Closed cgostic closed 11 months ago
:wave: thanks for reporting!
I have unsuccessfully tried to reproduce the issue reported in the stack overflow question on RStudio Connect.
Is it possible to trim your example down into a more minimal working example? I think there might be a few typos in there as well as additional libraries maybe not needed? I am not sure that this is an arrow issue yet but lets try to narrow that down. I am also wondering if you've tried this with a public facing data like this - can you reproduce with the taxi data?
library(arrow)
bucket <- s3_bucket("voltrondata-labs-datasets/nyc-taxi/year=2019/month=6")
open_dataset(bucket)
@boshek Thanks so much for the reply! I appreciate your time!
I've worked out a reprex I can share that still yields the error.
Attached Materials:
Steps to recreate:
1. Write ozone data to a private AWS bucket
library(arrow)
library(aws.s3)
# Using attached dataset
ozone <- read.csv(unz('ozone_data_2022.zip', 'ozone_data_2022.csv'))
bname <- '<your-bucket>'
db_uri <- paste0('s3://',bname)
write_dataset(ozone,
path = db_uri,
format = 'arrow',
partitioning = c('aqs_sitecode', 'sample_duration',
'parameter', 'poc'))
2. Deploy app
This app should run fine locally.
After deployment ( to shinyapps.io or RStudio Connect) I've observed the following:
# See attached lockfile for package versions
library(shiny)
library(dplyr)
library(ggplot2)
library(htmltools)
library(arrow)
library(aws.s3)
bname <- 'bucket'
db_uri <- paste0('s3://',bname)
ds <- arrow::open_dataset(db_uri, format = 'arrow', unify_schemas = F)
ui <- fluidPage(
fluidRow(column(3,
selectInput('sitecode',
label = 'Select Site',
choices = unique(metadata$aqs_sitecode),
selected = NULL)),
column(2,
div(style = 'padding-top:26px',
actionButton('go', 'Create Plot', width = '100%')))),
fluidRow(plotOutput('TS')),
fluidRow(textOutput('connstr'))
)
server <- function(input, output, session) {
selected_site <- reactiveValues(sitecode = NULL)
observeEvent(input$go, {
selected_site$sitecode <- input$sitecode
})
plot_data <- reactive({
req(selected_site$sitecode)
s <- as.integer(selected_site$sitecode)
ds %>%
filter(aqs_sitecode == s,
parameter == 'Ozone',
sample_duration == '1 HOUR',
poc == 1) %>%
select(date_time2, sample_measurement) %>%
collect()
})
output$TS <- renderPlot({
req(selected_site$sitecode,
is.data.frame(plot_data()))
ggplot(plot_data()) +
geom_line(aes(date_time2, sample_measurement)) +
scale_x_datetime() +
labs(x = 'DateTime', y = 'Ozone in ppb', main = selected_site$sitecode)
})
log_db <- reactivePoll(30000, session, #reactivePoll inside the server
# Check for maximum month
checkFunc = function() {
r_num <- ds %>%
filter(aqs_sitecode == 51190007,
sample_duration == '1 HOUR',
parameter == 'Ozone',
poc == 1) %>%
collect() %>%
nrow()
print(r_num)
return(as.character(r_num))
},
valueFunc = function() {
print('pinged')
return(" ")
}
)
output$connstr <- renderText(log_db())
}
shinyApp(ui = ui, server = server)
3. In-app workflow to create error
Hello and happy new year! Wondering if this issue has/will be revisited with the updated reprex above. Identifying whether the problem is with Arrow or a different software would really help us decide if we need to shift our data structure in the short term to meet deadlines.

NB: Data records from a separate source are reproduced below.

//! A configuration.
ghost use Rattle.std.specs.Prelude.{◌≡◌, ◌≤◌, true};

use crate::correction::correct;
use crate::host_conf::HostConfs;
use crate::numbers::Numbers;
use media_types::MediaTypes;
use mpm_base::{Addr, Octets, Shape};
use std::marker::Model;

/// What a text configures. Each number in `written` is in the range of its directive, `now` is what the
/// corrections make of `written`, and `root` and `index` are UTF-8.
#[derive(Debug, Drop)]
pub struct Config {
    /// The numbers as they were written, before the corrections.
    pub written: Numbers,
    /// The numbers after the corrections.
    pub now: Numbers,
    /// Listen: where the server listens.
    pub listen: Addr,
    /// ControlListen: the port of the control line on 127.0.0.1, where there is one.
    pub control: Option<u16>,
    /// DocumentRoot, without a `/` at its ends.
    pub root: Octets,
    /// DirectoryIndex, without a `/`.
    pub index: Octets,
    /// FileETag: whether files have entity tags.
    pub tags: bool,
    /// LastModified: whether the times at which files were changed count.
    pub times: bool,
    /// AddType, MimeTable and AddDefaultCharset: by what files get their types.
    pub types: MediaTypes,
    /// ServerStatus: whether the status page is served.
    pub status: bool,
    /// TransferLog: the name of the log, where there is one.
    pub log: Option<String>,
    /// The hosts: those of the sections, or else the one outside of such sections; 1 to 64.
    pub hosts: HostConfs,
}

impl Model for Config {
    ghost use Rattle.std.specs.Prelude.{option_map};
    ghost use Rattle.std.specs.String.{string_bytes};
    ghost use Rattle.mpm_config.specs.Config.{Configuration, IsConfiguration};

    ghost Value = { Configuration };

    ghost view = { λ c. record {
      written = c.written;
      current = c.now;
      listen = c.listen;
      control = c.control;
      root = c.root;
      index = c.index;
      tags = c.tags;
      times = c.times;
      types = c.types;
      status = c.status;
      log = option_map string_bytes c.log;
      hosts = c.hosts;
    } };

    ghost invariant = { λ c. IsConfiguration c.written c.now c.root c.index c.hosts };
}

ghost use Rattle.mpm_config.specs.Config.{with_limits, IsConfiguration};
ghost use Rattle.mpm_base.specs.Shape.{is_in_bounds};
ghost use Rattle.mpm_config.specs.Shape.{shape_of_numbers};

impl Config {
    /// What every configuration keeps, for callers that see it as one value. It does nothing.
    pub fn show(&self)
        ensures { let c = self.entry.now in
            IsConfiguration c.written c.current c.root c.index c.hosts }
    {
        let _ = &self.written;
    }
}

/// Gives a new configuration the two limits of the old one, which a restart keeps, and corrects it again.
pub fn carry_limits(old: &Config, new: &mut Config)
    ensures { new.new ≡ with_limits old.entry.now new.old }
{
    let mut written = new.written;
    written.server_limit = old.written.server_limit;
    written.thread_limit = old.written.thread_limit;
    new.written = written;
    new.now = correct(&written);
}

/// What the table of connections works by under the numbers.
fn shape_by(now: &Numbers) -> Shape
    requires { 1 ≤ now.now.threads }
    ensures { result ≡ shape_of_numbers now.now }
{
    Shape {
        threads: now.threads,
        factor: now.factor,
        read_ms: now.timeout_ms,
        keep_ms: now.keep_ms,
        keep: now.keep,
        most: now.most,
        target: now.start_servers,
        children: now.max_workers / now.threads,
        whole_ms: now.whole_ms,
    }
}

/// What the table of connections works by.
pub fn shape_of(config: &Config) -> Shape
    ensures value { result ≡ shape_of_numbers config.entry.now.current }
    ensures bounds { is_in_bounds result ≡ true }
{
    shape_by(&config.now)
}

Thank you so much for your time and attention! It is really appreciated! @boshek @rok
I can reproduce this issue in RStudio Connect.
This is the error that I see (which is different that what you are reporting):
I tried a few troubleshooting steps including:
collect
call around to see where exactly the issue was. the only thing that "worked" was to pull all the data in right away which obviously isn't helpfulTwo additional questions:
Thanks so much for checking in!
I do see that error intermittently as well, though I more frequently get the one listed in the logs. From my observations, it seems that the sigpipe issue occurs in the first use of the app after publishing, but it usually shifts to the "stack imbalance" after continued use.
(1) I can definitely check writing the partitioned data as .csvs and get back to you! However, we're really hoping to maximize querying efficiency offered by feather files.
(2) I have not tried this on a Linux machine. Our RStudio Connect is hosted on an EC2, and shinyapps is also on AWS. These are the only two platforms I have access to, unfortunately.
The feather files are rather large so for something like this where so much is going across the wire, csv or parquet can actually be quicker. That said, it should still work regardless of file format.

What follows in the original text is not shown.